-- DATA SECTION follows --

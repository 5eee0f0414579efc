//! What follows a step: the ask rule on one item, and its lines.

ghost use Rattle.std.specs.Prelude.{IfOk};
ghost use Rattle.cf_ask_rule.specs.Deeds.{deed_of};
ghost use Rattle.cf_base.specs.declared.ids.ItemId.{ItemId};
ghost use Rattle.cf_model.specs.Arrows.{each, reading};
ghost use Rattle.cf_model.specs.Requests.{Deed};
ghost use Rattle.cf_model.specs.Settling.{end_wait, settle, tell as tell_all};
ghost use Rattle.cf_model.specs.Waits.{all_down};
ghost use Rattle.cf_waits.specs.Steps.{IsPlanned};
ghost use Rattle.cf_filter_steps.specs.Answering.{Answers, Any};
ghost use Rattle.cf_filter_steps.specs.Settled.{AreOnFiles, IsStepNow, Looks, LooksGone, LooksNow, tell_moves};

use crate::steps::Steps;
use crate::views::{no_view, view_of};
use cf_ask_rule::{Act, Wait};
use cf_base::{CallError, Cause, ItemId, OutOfMemory};
use cf_ranges::RangeSet;
use cf_table::Row;
use cf_waits::{Moves, Step};

/// Works out a step on an item as this row says it, and changes nothing.
pub fn look_at<S: Steps>(s: &S, item: ItemId, row: &Row, act: Act) -> Result<Step, OutOfMemory>
    ensures planned { IfOk result (λ p. IsPlanned p (S.waiting s.now)) }
    ensures looks { IfOk result (λ p. Looks S.sense item row.now (deed_of act) p s.now) }
{
    let v = view_of(row, s.policy());
    s.requests().look(item, act, &v)
}

// Works out a step on an item that is gone.
pub(crate) fn look_gone<S: Steps>(s: &S, item: ItemId, act: Act) -> Result<Step, OutOfMemory>
    ensures planned { IfOk result (λ p. IsPlanned p (S.waiting s.now)) }
    ensures looks { IfOk result (λ p. LooksGone S.sense item (deed_of act) p s.now) }
{
    let none = RangeSet::new(s.alloc());
    let v = no_view(&none);
    s.requests().look(item, act, &v)
}

/// Works out a step on an item as it is, and changes nothing.
pub fn look<S: Steps>(s: &S, item: ItemId, act: Act) -> Result<Step, OutOfMemory>
    ensures planned { IfOk result (λ p. IsPlanned p (S.waiting s.now)) }
    ensures looks { IfOk result (λ p. LooksNow S.sense item (deed_of act) p s.now) }
{
    match s.rows().get(item) {
        Some(row) => look_at(s, item, row, act),
        None => look_gone(s, item, act),
    }
}

fn end_all<S: Steps>(s: &mut S, ended: &[(Wait, Cause)]) -> Result<(), CallError>
    ensures { Answers S.sense (AreOnFiles ended.now) (each end_wait ended.now) s.old result s.new }
{
    for e in ended {
        s.end_wait(e)?;
    }
    Ok(())
}

/// Tells the ends of waits, each of which is on a file where it reads, and then which asks go and come.
pub fn tell<S: Steps>(s: &mut S, moves: &Moves) -> Result<(), CallError>
    ensures { Answers S.sense (AreOnFiles moves.now.ended) (tell_moves moves.now.ended moves.now.cancelled moves.now.asks) s.old result s.new }
{
    end_all(s, moves.ended.as_slice())?;
    s.tell_asks(moves.cancelled.as_slice(), moves.asks.as_slice())
}

/// Does a step that was worked out for what is now, with its lines.
pub fn settle_by<S: Steps>(s: &mut S, step: Step) -> Result<(), CallError>
    requires { IsPlanned step (S.waiting s.old) }
    ensures { (item : ItemId) (d : Deed) → Answers S.sense (IsStepNow item d step) (settle item d) s.old result s.new }
{
    let moves = s.take(step)?;
    tell(s, &moves)
}

/// What follows a step on the item.
pub fn settle<S: Steps>(s: &mut S, item: ItemId, act: Act) -> Result<(), CallError>
    ensures { Answers S.sense Any (settle item (deed_of act)) s.old result s.new }
{
    let step = look(s, item, act)?;
    settle_by(s, step)
}

/// All waits end, and all asks without a line, with the lines of that.
pub fn hang_up<S: Steps>(s: &mut S) -> Result<(), CallError>
    ensures { Answers S.sense Any (reading all_down tell_all) s.old result s.new }
{
    let moves = s.take_down()?;
    tell(s, &moves)
}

-- DATA SECTION concluded --

▶ WORK TASK
Retype the entries above exactly, but only from the line containing "let v = no_view(&none);" through the line containing "IsPlanned step (S.waiting", both included.

▶ SOLVED EXERCISE
    let v = no_view(&none);
    s.requests().look(item, act, &v)
}

/// Works out a step on an item as it is, and changes nothing.
pub fn look<S: Steps>(s: &S, item: ItemId, act: Act) -> Result<Step, OutOfMemory>
    ensures planned { IfOk result (λ p. IsPlanned p (S.waiting s.now)) }
    ensures looks { IfOk result (λ p. LooksNow S.sense item (deed_of act) p s.now) }
{
    match s.rows().get(item) {
        Some(row) => look_at(s, item, row, act),
        None => look_gone(s, item, act),
    }
}

fn end_all<S: Steps>(s: &mut S, ended: &[(Wait, Cause)]) -> Result<(), CallError>
    ensures { Answers S.sense (AreOnFiles ended.now) (each end_wait ended.now) s.old result s.new }
{
    for e in ended {
        s.end_wait(e)?;
    }
    Ok(())
}

/// Tells the ends of waits, each of which is on a file where it reads, and then which asks go and come.
pub fn tell<S: Steps>(s: &mut S, moves: &Moves) -> Result<(), CallError>
    ensures { Answers S.sense (AreOnFiles moves.now.ended) (tell_moves moves.now.ended moves.now.cancelled moves.now.asks) s.old result s.new }
{
    end_all(s, moves.ended.as_slice())?;
    s.tell_asks(moves.cancelled.as_slice(), moves.asks.as_slice())
}

/// Does a step that was worked out for what is now, with its lines.
pub fn settle_by<S: Steps>(s: &mut S, step: Step) -> Result<(), CallError>
    requires { IsPlanned step (S.waiting s.old) }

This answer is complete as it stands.